BEGIN

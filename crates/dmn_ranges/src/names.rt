//! Names with what they can stand for, found by an index.
ghost use Rattle.std.specs.Prelude.{◌≡◌, ◌≤◌, ◌<◌, [], ◌∷◌, ◌++◌, ◌^◌, List, ℕ, length, take, IfOk, OnOk, OnErr, IsSome, Some, vec_len, vec_capacity, bytes_eq, if◌then◌else◌};
ghost use Rattle.std.specs.BTreeMap.{IsUnchanged};
ghost use Rattle.std.specs.Cow.{cow_str_bytes};
ghost use Rattle.feel_eval.specs.Index.{place_in};
ghost use Rattle.dmn_ranges.specs.Names.{members_if};
ghost use Rattle.dmn_ranges.specs.Ranges.{extent_named, scope as scope_of};

use crate::range::{NamedRange, ParameterRange, Range};
use std::alloc::{AllocError, Global};
use std::borrow::CowStr;
use std::collections::BTreeMap;
use std::marker::Model;

// A name with its range.
#[derive(Drop)]
struct Binding<'a> {
    name: CowStr<'static>,
    range: Range,
    // The parameter that it stands for, if it does.
    parameter: Option<&'a ParameterRange>,
    // Where the binding is that this one hides.
    hidden: Option<usize>,
}

/// A list of names with what they can stand for, of which the last of a name counts.
///
/// Binding a name, finding one and cutting one off take steps in proportion to the logarithm of how many names there are.
#[derive(Drop)]
pub(crate) struct Names<'a> {
    bindings: Vec<Binding<'a>>,
    // Where the last binding of each name is.
    places: BTreeMap<CowStr<'static>, usize>,
}

impl<'a> Model for Names<'a> {
    ghost use Rattle.std.specs.Prelude.{List, ℕ};
    ghost use Rattle.dmn_ranges.specs.Ranges.{Scope};
    ghost use Rattle.dmn_ranges.specs.Names.{coded_scope, scope_of, name_of, no_value, hidden_of};
    ghost use Rattle.feel_eval.specs.Index.{place_in, IsIndexed};

    ghost Value = { Scope };

    ghost coded = { coded_scope };

    ghost view = { λ e. scope_of e.bindings.items };

    ghost invariant = { λ e. IsIndexed name_of no_value hidden_of e.bindings.items (place_in e.places) };
}

impl<'a> Names<'a> {
    /// No names.
    pub(crate) fn new(alloc: Global) -> Names<'a>
        ensures { result ≡ [] }
    {
        Names {
            bindings: Vec::new(alloc),
            places: BTreeMap::new(alloc),
        }
    }

    /// These names.
    pub(crate) fn listed(alloc: Global, names: &[NamedRange]) -> Result<Names<'a>, AllocError>
        ensures { IfOk result (λ n. n ≡ scope_of names.now) }
    {
        let mut listed = Names::new(alloc);
        for one in names {
            listed.bind(alloc, one.name.as_str(), one.range, None)?;
        }
        Ok(listed)
    }

    /// Binds a name, which hides what the name was bound to before.
    pub(crate) fn bind(
        &mut self,
        alloc: Global,
        name: &str,
        range: Range,
        parameter: Option<&'a ParameterRange>,
    ) -> Result<(), AllocError>
        ensures { OnOk result (self.new ≡ self.old ++ (name.now, (range, members_if parameter.entry)) ∷ []) }
    {
        let text = String::from_str(alloc, name)?;
        let name = CowStr::Owned(text);
        let hidden = placed(&mut self.bindings, &mut self.places, &name)?;
        self.bindings.push(Binding {
            name,
            range,
            parameter,
            hidden,
        })?;
        Ok(())
    }

    /// What a name stands for; null where it is bound to nothing.
    pub(crate) fn range(&self, name: &str) -> Range
        ensures { result ≡ (extent_named self.now name.now).0 }
    {
        match self.places.get(name) {
            Some(place) => self.bindings[*place].range,
            None => Range::null(),
        }
    }

    /// The parameter that a name stands for, if it does.
    pub(crate) fn parameter(&self, name: &str) -> Option<&'a ParameterRange>
        ensures { members_if result ≡ (extent_named self.now name.now).1 }
    {
        match self.places.get(name) {
            Some(place) => self.bindings[*place].parameter,
            None => None,
        }
    }

    /// How many bindings there are, hidden ones included.
    pub(crate) fn len(&self) -> usize
        ensures { result ≡ length self.now }
    {
        self.bindings.len()
    }

    /// Drops all bindings but the first `len`; what they hid counts again.
    pub(crate) fn cut(&mut self, len: usize)
        requires { len ≤ length self.old }
        ensures { self.new ≡ take len self.old }
    {
        while self.bindings.len() > len {
            if let Some(binding) = self.bindings.pop() {
                let Binding {
                    name,
                    range: _,
                    parameter: _,
                    hidden,
                } = binding;
                uncover(&mut self.places, name, hidden);
            }
        }
    }
}

// Gives the name the place behind the items, where there is then room. Answers the place that it had.
fn placed(
    items: &mut Vec<Binding<'_>>,
    places: &mut BTreeMap<CowStr<'static>, usize>,
    name: &CowStr<'static>,
) -> Result<Option<usize>, AllocError>
    ensures items { items.new.items ≡ items.old.items }
    ensures room { OnOk result (vec_len items.new < vec_capacity items.new) }
    ensures hidden { IfOk result (λ p. p ≡ place_in places.old (cow_str_bytes name.now)) }
    ensures place { OnOk result ((other : List ℕ) → place_in places.new other ≡ (if bytes_eq (cow_str_bytes name.now) other then Some (length items.old.items) else place_in places.old other)) }
    ensures refused { OnErr result (IsUnchanged places.old places.new) }
{
    let key = name.clone()?;
    items.reserve(1)?;
    let hidden = places.insert(key, items.len())?;
    Ok(hidden)
}

// Gives the name the place that its last binding has hidden, where there is one.
fn uncover(
    places: &mut BTreeMap<CowStr<'static>, usize>,
    name: CowStr<'static>,
    hidden: Option<usize>,
)
    requires { IsSome (place_in places.old (cow_str_bytes name)) }
    ensures { (other : List ℕ) → place_in places.new other ≡ (if bytes_eq (cow_str_bytes name.entry) other then hidden else place_in places.old other) }
{
    match hidden {
        // The name is there, so this takes no memory.
        Some(place) => drop(places.insert(name, place)),
        None => drop(places.remove(name.as_str())),
    }
}
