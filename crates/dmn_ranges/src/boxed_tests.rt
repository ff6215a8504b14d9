//! What boxed expressions can give, worked out by hand.
use crate::range_of_logic;
use crate::tests::{names, words};
use dmn_logic::Logic;
use feel_lang::read_expr;
use std::alloc::Global;
use std::process::Abort;
use std::sync::ArcStr;
use std::test::Fail;

/// The entries of a context, its result, and what that can give.
type Row = (
    &'static [(&'static str, &'static str)],
    &'static str,
    &'static str,
);

fn entries(alloc: Global, written: &[(&str, &str)]) -> Result<Vec<(ArcStr, Logic)>, Fail> {
    let mut entries = Vec::new(alloc);
    for (name, text) in written {
        let name = ArcStr::from_str(alloc, name)?;
        entries.push((name, Logic::Expression(read_expr(alloc, text)?)))?;
    }
    Ok(entries)
}

fn hold(rt: &impl Abort, alloc: Global, rows: &[Row]) -> Result<(), Fail> {
    let names = names(alloc)?;
    for (written, result, want) in rows {
        let last = Box::new(alloc, Logic::Expression(read_expr(alloc, result)?))?;
        let logic = Logic::ContextWith(entries(alloc, written)?, last);
        let got = words(alloc, range_of_logic(alloc, &logic, &names, 100_000)?)?;
        assert_eq!(rt; (*result, got.as_str()), (*result, *want));
    }
    Ok(())
}

const ROWS: &[Row] = &[
    (&[], "small", "1..10 "),
    (&[("a", "small + 1"), ("b", "a * 2")], "b - a", "-7..20 "),
    (&[("small", "5")], "small", "5..5 "),
    (&[("small", "small + 1")], "small", "2..11 "),
    (&[("a", "b"), ("b", "7")], "a", "null "),
    (&[("a", "full + 1")], "1", "1..1 limit "),
    (&[("a", "1"), ("a", "2")], "a", "2..2 "),
    (&[("a", "word")], "a + 1", "null "),
];

#[test]
fn entries_in_order(rt: HostRuntime) -> Result<(), Fail> {
    hold(&rt, rt.alloc(), ROWS)
}

#[test]
fn parts_of_unknown_size(rt: HostRuntime) -> Result<(), Fail> {
    let alloc = rt.alloc();
    let names = names(alloc)?;
    let list = Logic::List(Vec::new(alloc));
    let told = words(alloc, range_of_logic(alloc, &list, &names, 100_000)?)?;
    assert_eq!(&rt; told.as_str(), "list ");
    let context = Logic::Context(Vec::new(alloc));
    let told = words(alloc, range_of_logic(alloc, &context, &names, 100_000)?)?;
    assert_eq!(&rt; told.as_str(), "context limit ");
    Ok(())
}
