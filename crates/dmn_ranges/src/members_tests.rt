//! What paths into a parameter can give, worked out by hand.
use crate::expression::outcomes;
use crate::names::Names;
use crate::tests::words;
use crate::{Interval, MemberRange, ParameterRange, Range};
use feel_lang::read_expr;
use std::alloc::{AllocError, Global};
use std::process::Abort;
use std::test::Fail;

const ANY: &str = "null true false -9223372036854775807..9223372036854775807 text list context ";

fn numbers(low: i64, high: i64) -> Range {
    Range::numbers_or_null(false, Some(Interval { low, high }))
}

/// A member; the last name of its path comes first.
fn member(alloc: Global, names: &[&str], range: Range) -> Result<MemberRange, AllocError> {
    let mut path = Vec::new(alloc);
    for name in names {
        path.push(String::from_str(alloc, name)?)?;
    }
    Ok(MemberRange { path, range })
}

/// A parameter with `age` twice, `address.zip`, and `income`, which may be missing.
fn parameter(alloc: Global) -> Result<ParameterRange, AllocError> {
    let mut members = Vec::new(alloc);
    members.push(member(alloc, &["age"], numbers(0, 120))?)?;
    members.push(member(alloc, &["age"], numbers(7, 7))?)?;
    members.push(member(alloc, &["zip", "address"], numbers(1, 9))?)?;
    let income = Range::numbers_or_null(true, Some(Interval { low: 5, high: 6 }));
    members.push(member(alloc, &["income"], income)?)?;
    Ok(ParameterRange {
        range: Range::any(),
        members,
    })
}

/// A path, and what it can give.
const ROWS: &[(&str, &str)] = &[
    ("p", ANY),
    ("p.age", "0..120 "),
    ("p.age + 1", "1..121 "),
    ("(p).age", "0..120 "),
    ("((p.age))", "0..120 "),
    ("p.income", "null 5..6 "),
    ("p.address.zip", "1..9 "),
    ("(p.address).zip", "1..9 "),
    ("p.address", ANY),
    ("p.zip", ANY),
    ("p.address.age", ANY),
    ("p.age.zip", "null "),
    ("p.zip.address", ANY),
    ("if p.age < 0 then 1 else 2", "2..2 "),
    ("q.age", "null "),
    ("hidden.age", "null "),
    ("other.age", ANY),
];

fn hold(rt: &impl Abort, alloc: Global) -> Result<(), Fail> {
    let parameter = parameter(alloc)?;
    let mut names = Names::new(alloc);
    names.bind(alloc, "p", parameter.range, Some(&parameter))?;
    names.bind(alloc, "hidden", parameter.range, Some(&parameter))?;
    names.bind(alloc, "hidden", numbers(5, 5), None)?;
    names.bind(alloc, "other", Range::any(), None)?;
    for (text, want) in ROWS {
        let expr = read_expr(alloc, text)?;
        let got = words(alloc, outcomes(expr.tree(), &names))?;
        assert_eq!(rt; (*text, got.as_str()), (*text, *want));
    }
    Ok(())
}

#[test]
fn paths_into_a_parameter(rt: HostRuntime) -> Result<(), Fail> {
    hold(&rt, rt.alloc())
}
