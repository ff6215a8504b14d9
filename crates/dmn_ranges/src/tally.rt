//! What the rules of a table can give together.
ghost use Rattle.std.specs.Prelude.{◌≡◌, map, option_map};
ghost use Rattle.dmn_table.specs.Parts.{rule_view};
ghost use Rattle.dmn_ranges.specs.Asking.{without as without_of};
ghost use Rattle.dmn_ranges.specs.Tables.{or_zero as or_zero_of, zero_alone as zero_of, share as share_of, unless_past as unless_past_of, plus as plus_of, joined_if as joined_if_of, blank as blank_of, tally_with as tally_with_of, tally_rule as tally_rule_of, tally_rules as tally_rules_of, null_if as null_if_of, any_sum as any_sum_of, within_bounds as within_bounds_of, summed as summed_of, by_policy as by_policy_of};

use crate::bounded::{Bounded, between_bounds, counted_to, sum};
use crate::interval::{Interval, higher, lower};
use crate::names::Names;
use crate::outcomes::{Outcomes, numbers_given};
use crate::parts::listed;
use crate::range::{Range, both, either, joined};
use crate::rule::{Hits, Shape, rule_gives, rule_hits};
use dmn_table::{HitPolicy, Rule};

/// What the rules that were looked at can give: the outputs of those that hit, the output of the first, the sum of all, unless that
/// can be past the range of numbers; whether none, some or several can hit; and whether a limit can be broken.
#[derive(Clone, Copy)]
pub(crate) struct Tally {
    pub(crate) outputs: Range,
    pub(crate) first: Range,
    pub(crate) total: Option<Interval>,
    pub(crate) may_be_none: bool,
    pub(crate) may_be_some: bool,
    pub(crate) may_be_several: bool,
    pub(crate) limit: bool,
}

fn zero_alone() -> Interval
    ensures { result ≡ zero_of }
{
    Interval { low: 0, high: 0 }
}

// A number of the interval, or 0.
fn or_zero(x: Interval) -> Interval
    ensures { result ≡ or_zero_of x }
{
    Interval {
        low: lower(x.low, 0),
        high: higher(x.high, 0),
    }
}

// What a rule can add to a sum.
fn share(hits: Hits, numbers: Option<Interval>) -> Interval
    ensures { result ≡ share_of hits numbers }
{
    let Some(numbers) = numbers else {
        return zero_alone();
    };
    if !hits.hit {
        return zero_alone();
    }
    if hits.miss { or_zero(numbers) } else { numbers }
}

// The numbers, unless one can be past the range.
fn unless_past(bounded: Bounded) -> Option<Interval>
    ensures { result ≡ unless_past_of bounded }
{
    if bounded.limit {
        None
    } else {
        Some(bounded.numbers)
    }
}

fn plus(total: Option<Interval>, share: Interval) -> Option<Interval>
    ensures { result ≡ plus_of total share }
{
    match total {
        Some(total) => unless_past(sum(total, share)),
        None => None,
    }
}

// The values of both where this is said, and otherwise of the first.
fn joined_if(is_joined: bool, a: Range, b: Range) -> Range
    ensures { result ≡ joined_if_of is_joined a b }
{
    if is_joined { joined(a, b) } else { a }
}

impl Tally {
    // Of no rule.
    fn blank() -> Tally
        ensures { result ≡ blank_of }
    {
        Tally {
            outputs: Range::nothing(),
            first: Range::nothing(),
            total: Some(zero_alone()),
            may_be_none: true,
            may_be_some: false,
            may_be_several: false,
            limit: false,
        }
    }

    /// The same, but that no rule hits, and that several do, only where this is said.
    pub(crate) fn without(self, none: bool, several: bool) -> Tally
        ensures { result ≡ without_of self none several }
    {
        Tally {
            may_be_none: both(self.may_be_none, none),
            may_be_several: both(self.may_be_several, several),
            ..self
        }
    }

    // With one rule more, of which this can become, and which gives this where it hits.
    fn with_rule(self, hits: Hits, output: Outcomes) -> Tally
        ensures { result ≡ tally_with_of self hits output }
    {
        Tally {
            outputs: joined_if(hits.hit, self.outputs, output.range),
            first: joined_if(both(hits.hit, self.may_be_none), self.first, output.range),
            total: plus(self.total, share(hits, output.range.numbers)),
            may_be_none: both(self.may_be_none, hits.miss),
            may_be_some: either(self.may_be_some, hits.hit),
            may_be_several: either(self.may_be_several, both(self.may_be_some, hits.hit)),
            limit: either(self.limit, either(hits.limit, both(hits.hit, output.limit))),
        }
    }
}

// With one rule more.
fn tally_rule(tally: Tally, rule: &Rule, shape: Shape, columns: &[Outcomes], names: &Names) -> Tally
    ensures { result ≡ tally_rule_of shape columns.now names.now tally (rule_view rule.now) }
{
    let hits = rule_hits(&rule.tests, columns, names);
    let output = rule_gives(shape, &rule.gives, names);
    tally.with_rule(hits, output)
}

/// What these rules can give, under such output columns, from what the input of each column can be.
pub(crate) fn tally_rules(
    rules: &[Rule],
    shape: Shape,
    columns: &[Outcomes],
    names: &Names,
) -> Tally
    ensures { result ≡ tally_rules_of shape columns.now names.now (map rule_view rules.now) }
{
    let mut tally = Tally::blank();
    for rule in rules {
        tally = tally_rule(tally, rule, shape, columns, names);
    }
    tally
}

// With null, where this is said.
fn null_if(is_null: bool, range: Range) -> Range
    ensures { result ≡ null_if_of is_null range }
{
    if is_null {
        joined(range, Range::null())
    } else {
        range
    }
}

// A sum of which nothing is known.
fn any_sum() -> Bounded
    ensures { result ≡ any_sum_of }
{
    Bounded {
        numbers: Interval {
            low: -i64::MAX,
            high: i64::MAX,
        },
        limit: true,
    }
}

fn within_bounds(numbers: Interval) -> Bounded
    ensures { result ≡ within_bounds_of numbers }
{
    between_bounds(numbers)
}

fn summed(numbers: Option<Interval>, total: Option<Interval>) -> Option<Bounded>
    ensures { result ≡ summed_of numbers total }
{
    match (numbers, total) {
        (None, _) => None,
        (Some(_), None) => Some(any_sum()),
        (Some(_), Some(total)) => Some(within_bounds(total)),
    }
}

// The numbers among the outputs.
fn extremes(numbers: Option<Interval>) -> Option<Bounded>
    ensures { result ≡ option_map within_bounds_of numbers }
{
    match numbers {
        Some(numbers) => Some(within_bounds(numbers)),
        None => None,
    }
}

/// What a hit policy makes of the rules that hit, of which there is one at least and at most so many.
pub(crate) fn by_policy(policy: HitPolicy, tally: Tally, rules: usize) -> Outcomes
    ensures { result ≡ by_policy_of policy tally rules }
{
    match policy {
        HitPolicy::Unique | HitPolicy::Any => {
            Outcomes::given(null_if(tally.may_be_several, tally.outputs))
        }
        HitPolicy::Priority => Outcomes::given(tally.outputs),
        HitPolicy::First => Outcomes::given(tally.first),
        HitPolicy::OutputOrder | HitPolicy::RuleOrder | HitPolicy::Collect => {
            listed(tally.outputs.size_of().times(rules))
        }
        HitPolicy::Sum => numbers_given(
            tally.outputs.is_other(),
            summed(tally.outputs.numbers, tally.total),
        ),
        HitPolicy::Least | HitPolicy::Greatest => {
            numbers_given(tally.outputs.is_other(), extremes(tally.outputs.numbers))
        }
        HitPolicy::Count => numbers_given(false, Some(counted_to(rules))),
    }
}
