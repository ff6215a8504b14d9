//! What a decision table can give.
ghost use Rattle.std.specs.Prelude.{◌≡◌, IfOk, length, map, nat_eq, true};
ghost use Rattle.feel_value.specs.Distinct.{are_distinct};
ghost use Rattle.dmn_table.specs.Parts.{column_view, names_of, rule_view};
ghost use Rattle.feel_text.specs.Meaning.{Bindings};
ghost use Rattle.dmn_table.specs.Result.{table_result};
ghost use Rattle.dmn_ranges.specs.Ranges.{Fits, covers, scope};
ghost use Rattle.dmn_ranges.specs.Tables.{column_outcomes as column_outcomes_of, some_limit as some_limit_of, tally_rules as tally_rules_of, default_outcomes as default_outcomes_of, with_tally as with_tally_of, shape_of as shape_of_columns};

use crate::analysed::narrowed;
use crate::expression::expr_outcomes;
use crate::names::Names;
use crate::outcomes::{Outcomes, either_of, when};
use crate::range::{NamedRange, either};
use crate::rule::{Shape, defaults};
use crate::tally::{Tally, by_policy, tally_rules};
use dmn_names::have_twice;
use dmn_table::{Output, Rule, Table};
use feel_lang::Expr;
use std::alloc::{AllocError, Global};

/// What a decision table can give, where each name stands for a value of its range.
///
/// Whatever values of their ranges the names have, its result lies in the range that is answered; and where a limit is broken, the
/// answer says that it can be. Each rule is looked at once, and then the rules together, which takes at most so many steps: where they
/// don't suffice, it is told as if none could hit, or several. It takes memory for what the input of each column can be.
pub fn range_of_table(
    alloc: Global,
    table: &Table,
    names: &[NamedRange],
    steps: u64,
) -> Result<Outcomes, AllocError>
    ensures { IfOk result (λ o. (m : Bindings) → Fits (scope names.now) m → covers o (table_result table.now m) ≡ true) }
{
    let names = Names::listed(alloc, names)?;
    let mut rest = steps;
    let told = table_outcomes(alloc, table, &names, &mut rest)?;
    Ok(told)
}

// What the input of each column can be.
pub(crate) fn column_outcomes(
    alloc: Global,
    inputs: &[Expr],
    names: &Names,
) -> Result<Vec<Outcomes>, AllocError>
    ensures { IfOk result (λ columns. columns.items ≡ column_outcomes_of names.now inputs.now) }
{
    let mut columns = Vec::with_capacity(alloc, inputs.len())?;
    for input in inputs {
        columns.push(expr_outcomes(input, names))?;
    }
    Ok(columns)
}

fn some_limit(columns: &[Outcomes]) -> bool
    ensures { result ≡ some_limit_of columns.now }
{
    columns.iter().any(|column| column.limit)
}

#[tactic(auto, using(crate::proofs::Walks::same_length))]
fn rule_count(rules: &[Rule]) -> usize
    ensures { result ≡ length (map rule_view rules.now) }
{
    rules.len()
}

#[tactic(auto, using(crate::proofs::Walks::same_length))]
fn output_count(outputs: &[Output]) -> usize
    ensures { result ≡ length (map column_view outputs.now) }
{
    outputs.len()
}

// The names of the columns.
fn column_names(alloc: Global, outputs: &[Output]) -> Result<Vec<&str>, AllocError>
    ensures { IfOk result (λ v. map (λ n. n.now) v.items ≡ names_of outputs.now) }
{
    let mut names = Vec::with_capacity(alloc, outputs.len())?;
    for output in outputs {
        names.push(output.name.as_str())?;
    }
    Ok(names)
}

fn names_are_distinct(alloc: Global, outputs: &[Output]) -> Result<bool, AllocError>
    ensures { IfOk result (λ b. b ≡ are_distinct (names_of outputs.now)) }
{
    let names = column_names(alloc, outputs)?;
    let is_twice = have_twice(alloc, &names)?;
    Ok(!is_twice)
}

fn has_one_output(outputs: &[Output]) -> bool
    ensures { result ≡ nat_eq (length (map column_view outputs.now)) 1 }
{
    output_count(outputs) == 1
}

// The output columns.
fn shape_of(alloc: Global, outputs: &[Output]) -> Result<Shape, AllocError>
    ensures { IfOk result (λ s. s ≡ shape_of_columns (map column_view outputs.now)) }
{
    let distinct = names_are_distinct(alloc, outputs)?;
    Ok(Shape {
        single: has_one_output(outputs),
        distinct,
    })
}

// What the rules can give together, from what the input of each column can be.
fn tally_of(table: &Table, shape: Shape, columns: &[Outcomes], names: &Names) -> Tally
    ensures { result ≡ tally_rules_of shape columns.now names.now table.now.rules }
{
    tally_rules(table.rules(), shape, columns, names)
}

// What the table gives where no rule hits.
fn missed(table: &Table, distinct: bool, names: &Names) -> Outcomes
    ensures { result ≡ default_outcomes_of distinct names.now table.now.outputs }
{
    defaults(distinct, table.outputs(), names)
}

fn table_shape(alloc: Global, table: &Table) -> Result<Shape, AllocError>
    ensures { IfOk result (λ s. s ≡ shape_of_columns table.now.outputs) }
{
    let shape = shape_of(alloc, table.outputs())?;
    Ok(shape)
}

// The result, where the inputs break a limit if this is said, and from what the rules can give together.
fn with_tally(table: &Table, names: &Names, limit: bool, shape: Shape, tally: Tally) -> Outcomes
    requires { shape ≡ shape_of_columns table.now.outputs }
    ensures { result ≡ with_tally_of table.now names.now limit tally }
{
    let hit = by_policy(table.policy(), tally, rule_count(table.rules()));
    let missed = missed(table, shape.distinct, names);
    either_of(
        when(tally.may_be_some, hit),
        when(tally.may_be_none, missed),
    )
    .limited(either(limit, tally.limit))
}

/// The same. Of the steps the analysis of the table takes those that it needs.
pub(crate) fn table_outcomes(
    alloc: Global,
    table: &Table,
    names: &Names,
    steps: &mut u64,
) -> Result<Outcomes, AllocError>
    ensures { IfOk result (λ o. (m : Bindings) → Fits names.now m → covers o (table_result table.now m) ≡ true) }
{
    let columns = column_outcomes(alloc, table.inputs(), names)?;
    let shape = table_shape(alloc, table)?;
    let tally = tally_of(table, shape, &columns, names);
    let tally = narrowed(alloc, table, &columns, tally, steps)?;
    Ok(with_tally(table, names, some_limit(&columns), shape, tally))
}
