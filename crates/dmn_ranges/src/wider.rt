//! What either of two may have that are told of the columns of tables.
ghost use Rattle.std.specs.Prelude.{◌≡◌, ◌≤◌, IfOk, true};
ghost use Rattle.feel_value.specs.Datum.{Datum};
ghost use Rattle.dmn_ranges.specs.Columns.{AreWider, IsWider};
ghost use Rattle.dmn_ranges.specs.Ranges.{lies_in};

use crate::outcomes::{Outcomes, either_of};
use std::alloc::{AllocError, Global};

fn smaller(one: usize, other: usize) -> usize
    ensures one { result ≤ one }
    ensures other { result ≤ other }
{
    if one < other { one } else { other }
}

#[tactic(auto, using(crate::proofs::Forms::joined_one, crate::proofs::Forms::joined_other))]
fn either_column(one: Outcomes, other: Outcomes) -> Outcomes
    ensures one { (v : Datum) → lies_in one.range v ≡ true → lies_in result.range v ≡ true }
    ensures other { (v : Datum) → lies_in other.range v ≡ true → lies_in result.range v ≡ true }
{
    either_of(one, other)
}

// Of each column of both what either has.
fn either_columns(
    alloc: Global,
    one: &[Outcomes],
    other: &[Outcomes],
) -> Result<Vec<Outcomes>, AllocError>
    ensures one { IfOk result (λ columns. IsWider one.now columns.items) }
    ensures other { IfOk result (λ columns. IsWider other.now columns.items) }
{
    let count = smaller(one.len(), other.len());
    let mut columns = Vec::with_capacity(alloc, count)?;
    for place in 0..count {
        columns.push(either_column(one[place], other[place]))?;
    }
    Ok(columns)
}

/// Of each table of both what either has in its columns.
pub fn either_tables(
    alloc: Global,
    one: &[Vec<Outcomes>],
    other: &[Vec<Outcomes>],
) -> Result<Vec<Vec<Outcomes>>, AllocError>
    ensures one { IfOk result (λ tables. AreWider one.now tables.items) }
    ensures other { IfOk result (λ tables. AreWider other.now tables.items) }
{
    let count = smaller(one.len(), other.len());
    let mut tables = Vec::with_capacity(alloc, count)?;
    for place in 0..count {
        let columns = either_columns(alloc, &one[place], &other[place])?;
        tables.push(columns)?;
    }
    Ok(tables)
}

END

* [TASK INSTRUCTIONS]: Every line of the data that includes the word "match" should be copied.

* [RESULT FOR THIS EXERCISE]:
        match self.places.get(name) {
        match self.places.get(name) {
    match hidden {
    match total {
    match (numbers, total) {
    match numbers {
    match policy {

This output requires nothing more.